Meiosis is important because it decreases the number of chromosomes to half and allows for genetic diversity through genetic recombination and independent assortment.
Meiosis creates four haploid cells that may grow into potential gametes, resulting in a new individual with the complete number of genes when fertilisation occurs, preserving chromosomal number integrity over generations while increasing genetic variety and variability in population forms.
Meiosis comes from the Greek term meioun, which means “to diminish” (less).
The generation of gametes (egg cells or sperm cells) or spores is the primary purpose of meiotic division. The meiosis process occurs in the human body to reduce the number of chromosomes in a normal cell (46 chromosomes) to 23 chromosomes in eggs and sperm. As a result, the number of chromosomes in meiosis is cut in half.
As a result, when the two haploid cells merge during fertilisation, the number of chromosomes in the generated cell is restored as somatic cells (each with 46 chromosomes).
Meiosis is split into two stages: meiosis 1 and meiosis 2. Each component contains four stages (prophase, metaphase, anaphase, and telophase), which are identical to the four phases of mitosis.
The most complex portion of meiosis (i.e., meiosis I) is the initial part of the meiotic division. Because it comprises five substages: leptotene, zygotene, pachytene, diplotene, and diakinesis, prophase I takes roughly half the time it takes for meiosis. The chromosomes’ activity and structure change at each step, providing insight into prophase I’s intricacy.
Three major characteristics distinguish meiosis from mitosis:
1. Reverse recombination occurs during meiosis I. (also known as chiasma development or crossing across)
2. Meiosis I is characterised by the pairing of homologous chromosomes.
3. In Meiosis I, the cohesive sister chromatids are released in a two-step procedure.
On the mitotic spindle, these characteristics enable homologous segregation. The two sister homologous chromosomes separate during meiosis II. For the diverse events occurring in each meiosis stage, these varied chromosomal behaviours are detailed below. It’s also worth noting that these events are intertwined.
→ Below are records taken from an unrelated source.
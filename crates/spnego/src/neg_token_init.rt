ghost use Rattle.std.specs.Prelude.{◌≡◌, IfOk};
ghost use Rattle.der.specs.Promises.{Exact};
ghost use Rattle.spnego.specs.Places.{Within, Parts};
ghost use Rattle.spnego.specs.Reading.{read_init};
ghost use Rattle.spnego.specs.Tokens.{init_fields, init_bytes, InitWellFormed};
ghost use Rattle.spnego.specs.Views.{plain_fields, plain_init, init_read};

use crate::fields::{Layout, TokenFields, sequence};
use der::only;
use mech_types::next_oid;
use sspi::Fault;

// The initiator's first token: each field but the first is absent or a part of the input.
#[derive(Clone, Copy)]
pub struct NegTokenInit<'a> {
    pub this_mech: &'a [u8],
    pub mech_types: Option<&'a [u8]>,
    pub req_flags: Option<&'a [u8]>,
    pub mech_token: Option<&'a [u8]>,
    pub mech_list_mic: Option<&'a [u8]>,
}

impl<'a> NegTokenInit<'a> {
    // Reads a token that fills the input.
    #[tactic(auto, unfolding(crate::specs::Reading::read_init))]
    pub fn read(input: &'a [u8]) -> Result<NegTokenInit<'a>, Fault>
        ensures answer { init_read result ≡ read_init input.now }
        ensures exact { Exact InitWellFormed init_bytes input.now (init_read result) }
        ensures parts { IfOk (init_read result) (λ t. Within t.this_mech input.now × Parts input.now (init_fields t)) }
    {
        let (this_mech, rest) = next_oid(only(input, 0x60)?)?;
        let fields = sequence(only(rest, 0xa0)?, Layout::INIT)?;
        Ok(NegTokenInit {
            this_mech,
            mech_types: fields.first,
            req_flags: fields.second,
            mech_token: fields.third,
            mech_list_mic: fields.fourth,
        })
    }
}

// The four fields that end the token.
impl<'a> From<&NegTokenInit<'a>> for TokenFields<'a> {
    ghost from_gives = { λ t f. plain_fields f ≡ init_fields (plain_init t.now) };

    fn from(token: &NegTokenInit<'a>) -> TokenFields<'a> {
        TokenFields {
            first: token.mech_types,
            second: token.req_flags,
            third: token.mech_token,
            fourth: token.mech_list_mic,
        }
    }
}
This indicates that distinct processes during chromosomal pairing, including reciprocal recombination, crossing-over, and chiasma formation, are linked. Hence, the only effective recombination mechanism during meiosis I prophase will be the one that provides proper homologous chromosome segregation at meiosis I.
The initial number of chromosomes is halved after the two subsequent chromosomal divisions. Meiosis I begins when the S phase is completed and the replication of the parent chromosome produces identical chromatids.
The chromosomes begin to couple together and eventually partition into two distinct cells. The chromatids, on the other hand, stay intact, and at the conclusion of meiosis I, each of the newly produced daughter cells will have one of the homologous chromosomes with two chromatids.
Meiosis II occurs after Meiosis I. After that, the two chromatids will split and form two daughter cells. As a result, four daughter haploid cells are formed at the end of meiosis II, each carrying one copy of each chromosome.
The pairing of homologous chromosomes after DNA replication not only allows for the segregation of meiotic chromosomes but also aids in the recombination of maternal and paternal chromosomes. This chromosomal pairing takes place during the prophase of meiosis I.
The first meiotic division (or meiosis I) and the second meiotic division (or meiosis II) are the two nuclear divisions that occur during meiosis (or meiosis II). The 4 key phases of meiosis are prophase, metaphase, anaphase, and telophase. They are also classified as I or II depending on whether they occur in meiosis I or II.
Meiosis Function
Consider this: if gametes (eggs and sperm) were generated only by mitotic division, rather than meiosis, the gametes would have the same number of chromosomes as diploid somatic cells. As a result, when the gametes unite during fertilisation, the resultant zygote will have four homologous chromosomal sets and will be tetraploid.
This “doubled chromosome content” situation will be passed down to future generations, resulting in chromosomal abnormalities. Throughout generations, the chromosomal number has fragmented and unkept. This is a chromosomal anomaly, to be sure.
Gametes are generated by the process of meiosis to keep the number of chromosomes constant in each generation. During the production of gametes, meiotic cell division reduces the number of chromosomes to haploid.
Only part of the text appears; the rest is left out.